1from sklearn.feature_extraction.text import TfidfVectorizer
2from sklearn.pipeline import Pipeline
3from sklearn.neural_network import MLPClassifier
4
5texts = ["good fast", "bad slow", "good reliable", "slow buggy"]
6y = [1, 0, 1, 0]
7
8model = Pipeline([
9    ("tfidf", TfidfVectorizer()),
10    ("mlp", MLPClassifier(hidden_layer_sizes=(32,), max_iter=500, random_state=42)),
11])
12
13model.fit(texts, y)
14print(model.predict(["good and reliable"]))

This is the right approach for variable-length text because the vectorizer converts each sample into a fixed-width feature space automatically.

Use a Pipeline When Preprocessing Matters

Once you choose a feature representation, put preprocessing and model training into one pipeline when possible. That keeps train and inference behavior consistent.

For dense numeric inputs, scaling is often helpful too.

1from sklearn.pipeline import Pipeline
2from sklearn.preprocessing import StandardScaler
3from sklearn.neural_network import MLPClassifier
4
5pipeline = Pipeline([
6    ("scale", StandardScaler()),
7    ("mlp", MLPClassifier(hidden_layer_sizes=(32, 16), max_iter=800, random_state=42)),
8])

This does not solve variable length by itself, but it improves the full workflow once the features are fixed-width.

Sometimes a Different Model Is Better

If sequence order and long-range context are central to the problem, padding data into MLPClassifier may not be the best design. Recurrent models, transformers, or other sequence-aware architectures may fit the problem better.

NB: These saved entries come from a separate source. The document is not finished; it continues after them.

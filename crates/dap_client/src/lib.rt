//! The client's end of a Debug Adapter Protocol session: what an editor or a test tool holds.
//!
//! Overview and Specification. Requests go out by `send`, and bytes of the adapter come in by `take`, in any pieces; each
//! call hands out the bytes that it writes. Nothing here reads, writes or waits. An editor's loop does so:
//!
//! - **To ask something**: `send` the call, write the `bytes` of what it answers, all of them and in order, and remember
//!   its `seq`: the response names it as `request_seq`. A refusal of `send` changes nothing and closes nothing: tell the
//!   user, or try again once the phase has changed.
//! - **Bytes came**: give them to `take`. It uses those up to the end of one frame at most, so call it again with what is
//!   left of the piece until none is left. Write its `bytes` before anything else is sent: they answer a request of the
//!   adapter that the client refuses by itself.
//! - **A message was delivered**: the client has counted it already, so that `phase`, `ready` and `capabilities` are those
//!   after it. A response is looked up by its `request_seq`; an event is shown.
//! - **The adapter asks for a terminal**: a request `runInTerminal` was delivered, and `bytes` is empty. So it is kept, and
//!   waits for `answer`. Read its arguments by `dap_call::read_terminal`, run `args` in `cwd`, and give the message's
//!   `seq` and what became of it to `answer`; write the bytes. Adapters answer `launch` only after that. It is kept where the
//!   last `initialize` that was sent says `supports_run_in_terminal_request`, its arguments are good, and fewer are kept than
//!   may be. Any other request of the adapter was answered by the failure that `bytes` holds.
//! - **`take` refuses**: the adapter broke the protocol, or memory ran out. Show the fault and close the stream. Every later
//!   `take` answers the same fault, and every `send` and `answer` answers `Ended`, also where requests are kept.
//! - **To end**: `send` `Disconnect`, go on with `take` until its response came or the stream ended, then close it. The
//!   stream ended on a border of two messages where `held` is 0.
#![tactic(auto)]

mod answering;
mod change;
mod changes;
mod client;
mod fault;
mod got;
pub mod laws;
mod phase;
mod response_references;
mod sending;
mod session;
mod signal;
mod table;
mod taking;
mod terminal;

pub use client::Client;
pub use fault::{AnswerFault, ClientFault, SendFault};
pub use got::{Got, Sent};
pub use phase::Phase;
pub use terminal::Terminal;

That said, a fixed-feature scikit-learn pipeline is often much faster to build and easier to debug, so it can still be the right baseline.

Common Pitfalls

A common mistake is trying to pass ragged Python lists directly into MLPClassifier.fit and expecting scikit-learn to infer the structure.

Another mistake is padding without thinking about how much information truncation destroys or how much noise the padding values add.

Developers also often mix training and preprocessing manually instead of using a pipeline, which makes later inference inconsistent.

Finally, if sequence order is essential, do not force the problem into a fixed-width MLP representation just because the API is convenient.

Summary

• 'MLPClassifier requires every sample to have the same number of features.'
• Convert variable-length inputs into fixed-width vectors before training.
• Padding, truncation, summary features, and vectorization are the main strategies.
• Use pipelines so preprocessing and training stay consistent.
• Reconsider the model choice if the task truly depends on sequence structure.